I'm going crazy, I created a file object, so it can be read with ObjectInputStream, and I placed the assets folder. The method works with a file smaller than 1M, and give error with larger files. I read that is a limit of Android platform, but I also know that can be "easily" avoided. Those who have downloaded the game Reging Thunder, for example, can easily see that in their assets folder is a file 18.9M large. This is my code for read 1 object from a ObjecInputStream
File f = File.createTempFile("mytempfile", "dat"); FileOutputStream fos = new FileOutputStream(f); InputStream is = mc.getAssets().open(path,3); ObjectInputStream ois=new ObjectInputStream(is); byte[] data = (byte[]) ois.readObject(); fos.write(data); fos.flush(); fos.close(); ois.close(); is.close();
now I have an uncompressed file and I can use it without worrying about the error "This file can not be opened as a file descriptor; it is probably compressed"

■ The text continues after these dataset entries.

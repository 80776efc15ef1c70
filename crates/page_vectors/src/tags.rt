use keys::tag::Tag;
use search_tree::{Node, SearchTree};
use sorted_run::SortedRun;
use std::test::Fail;
use store::agree::agree;
use store::listable::Listable;
use store::version::Version;
use store::version_store::VersionStore;

#[test]
fn a_run_and_a_tree_of_tags_agree(rt: HostRuntime) -> Result<(), Fail> {
    let pump = Tag::try_from(b"PUMP\0\0\0\0\0\0\0\0\0\0\0\0")?;
    let pump_2 = Tag::try_from(b"PUMP-2\0\0\0\0\0\0\0\0\0\0")?;
    let fan = Tag::try_from(b"FAN\0\0\0\0\0\0\0\0\0\0\0\0\0")?;
    let blank = Version {
        key: fan,
        stamp: 0,
        node: 0,
        value: 0,
    };
    let (mut places, mut nodes) = ([blank; 4], [Node::new(blank); 4]);
    let mut run = SortedRun::new(&mut places)?;
    let mut tree = SearchTree::new(&mut nodes)?;
    for (key, stamp, value) in [(pump_2, 5, 1), (pump, 9, 2), (fan, 7, 3), (pump, 5, 4)] {
        let version = Version {
            key,
            stamp,
            node: 0,
            value,
        };
        run.add(&version)?;
        // One version apart, they differ somewhere.
        assert!(rt; !agree(&run, &tree, key, stamp));
        tree.add(&version)?;
        for asked in [pump, pump_2, fan] {
            for stamp in [0, 5, 8, 9] {
                assert!(rt; agree(&run, &tree, asked, stamp));
            }
        }
    }
    assert_eq!(rt; run.first_key(), Some(fan));
    assert_eq!(rt; tree.next_key(pump), Some(pump_2));
    Ok(())
}
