// Known stores, and the pages that are cut from them; a run and a tree of the same versions, question by question.
#![tactic(auto)]

#[cfg(test)]
mod pages;
#[cfg(test)]
mod tags;
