use keys::point::Point;
use search_tree::{Node, SearchTree};
use sorted_run::SortedRun;
use std::process::Abort;
use std::test::Fail;
use store::cut::cut;
use store::listable::Listable;
use store::version::Version;

// A version of a point; its value tells it from the others.
fn of(key: u32, stamp: u64, node: u8, value: i32) -> Version<Point> {
    Version {
        key: Point(key),
        stamp,
        node,
        value,
    }
}

// An empty store, and then one with three keys, a tie between nodes, and the ends of the stamps.
fn a_store_is_listed<S: Listable<Point>>(rt: &impl Abort, store: &mut S) -> Result<(), Fail> {
    assert_eq!(rt; store.first_key(), None);
    assert_eq!(rt; store.next_key(Point(0)), None);
    assert_eq!(rt; cut(store, u64::MAX, &mut []), Ok(0));
    for version in [
        of(7, 500, 1, 71),
        of(4, 500, 0, 41),
        of(9, u64::MAX, 255, 91),
        of(7, 500, 0, 70),
        of(7, 900, 0, 73),
        of(4, 0, 0, 40),
        of(7, 500, 3, 72),
    ] {
        store.add(&version)?;
    }
    keys_are_told(rt, store);
    pages_are_cut(rt, store);
    Ok(())
}

// Keys that are there, and keys between keys.
fn keys_are_told<S: Listable<Point>>(rt: &impl Abort, store: &S) {
    assert_eq!(rt; store.first_key(), Some(Point(4)));
    for (key, next) in [
        (0, Some(Point(4))),
        (3, Some(Point(4))),
        (4, Some(Point(7))),
        (5, Some(Point(7))),
        (7, Some(Point(9))),
        (8, Some(Point(9))),
        (9, None),
        (u32::MAX, None),
    ] {
        assert_eq!(rt; store.next_key(Point(key)), next, "{key}");
    }
}

// Cuts of that store.
fn pages_are_cut<S: Listable<Point>>(rt: &impl Abort, store: &S) {
    let blank = of(0, 0, 0, -1);
    let (first, last) = (of(4, 0, 0, 40), of(4, 500, 0, 41));
    let newest = of(7, 900, 0, 73);
    for (stamp, count, page) in [
        (0, 1, [first, blank, blank, blank]),
        (499, 1, [first, blank, blank, blank]),
        (500, 2, [last, of(7, 500, 3, 72), blank, blank]),
        (900, 2, [last, newest, blank, blank]),
        (u64::MAX, 3, [last, newest, of(9, u64::MAX, 255, 91), blank]),
    ] {
        let mut rows = [blank; 4];
        assert_eq!(rt; cut(store, stamp, &mut rows), Ok(count), "{stamp}");
        assert_eq!(rt; rows, page, "{stamp}");
    }
    // A row too few, and none changes.
    let mut rows = [blank; 2];
    let refused = cut(store, u64::MAX, &mut rows).err();
    assert_eq!(rt; refused.map(|refusal| refusal.number()), Some(19));
    assert_eq!(rt; rows, [blank; 2]);
}

#[test]
fn a_run_is_listed(rt: HostRuntime) -> Result<(), Fail> {
    let blank = of(0, 0, 0, 0);
    a_store_is_listed(&rt, &mut SortedRun::new(&mut [blank; 7])?)
}

#[test]
fn a_tree_is_listed(rt: HostRuntime) -> Result<(), Fail> {
    let blank = Node::new(of(0, 0, 0, 0));
    a_store_is_listed(&rt, &mut SearchTree::new(&mut [blank; 7])?)
}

This function works well with files smaller than 1M, with bigger files return an java.io.IOException on line "ObjectInputStream ois=new ObjectInputStream(is);"
why??
Faced the same issue. I've cut up my 4MB file into 1 MB chunks, and on the first run I join the chunks into a data folder on the phone. As an added bonus, the APK is properly compressed. The chunk files are called 1.db, 2.db, etc. The code goes like this:
File Path = Ctxt.getDir("Data", 0); File DBFile = new File(Path, "database.db"); if(!DBFile.exists() || DatabaseNeedsUpgrade) //Need to copy... CopyDatabase(Ctxt, DBFile); static private void CopyDatabase(Context Ctxt, File DBFile) throws IOException { AssetManager assets = Ctxt.getAssets(); OutputStream outstream = new FileOutputStream(DBFile); DBFile.createNewFile(); byte []b = new byte[1024]; int i, r; String []assetfiles = assets.list(""); Arrays.sort(assetfiles); for(i=1;i<10;i++) //I have definitely less than 10 files; you might have more { String partname = String.format("%d.db", i); if(Arrays.binarySearch(assetfiles, partname) < 0) //No such file in assets - time to quit the loop break; InputStream instream = assets.open(partname); while((r = instream.read(b)) != -1) outstream.write(b, 0, r); instream.close(); } outstream.close(); }
The limitation is on compressed assets. If the asset is uncompressed, the system can memory-map the file data and use the Linux virtual memory paging system to pull in or discard 4K chunks as appropriate. (The "zipalign" tool ensures that uncompressed assets are word-aligned in the file, which means they'll also be aligned in memory when directly mapped.)
If the asset is compressed, the system has to uncompress the entire thing to memory. If you have a 20MB asset, that means 20MB of physical memory is tied up by your application.
Ideally the system would employ some sort of windowed compression, so that only parts need to be present, but that requires some fanciness in the asset API and a compression scheme that works well with random access. Right now APK == Zip with "deflate" compression, so that's not practical.
You can keep your assets uncompressed by giving them a suffix of a file type that doesn't get compressed (e.g. ".png" or ".mp3"). You may also be able to add them manually during the build process with "zip -0" instead of having them bundled up by aapt. This will likely increase the size of your APK.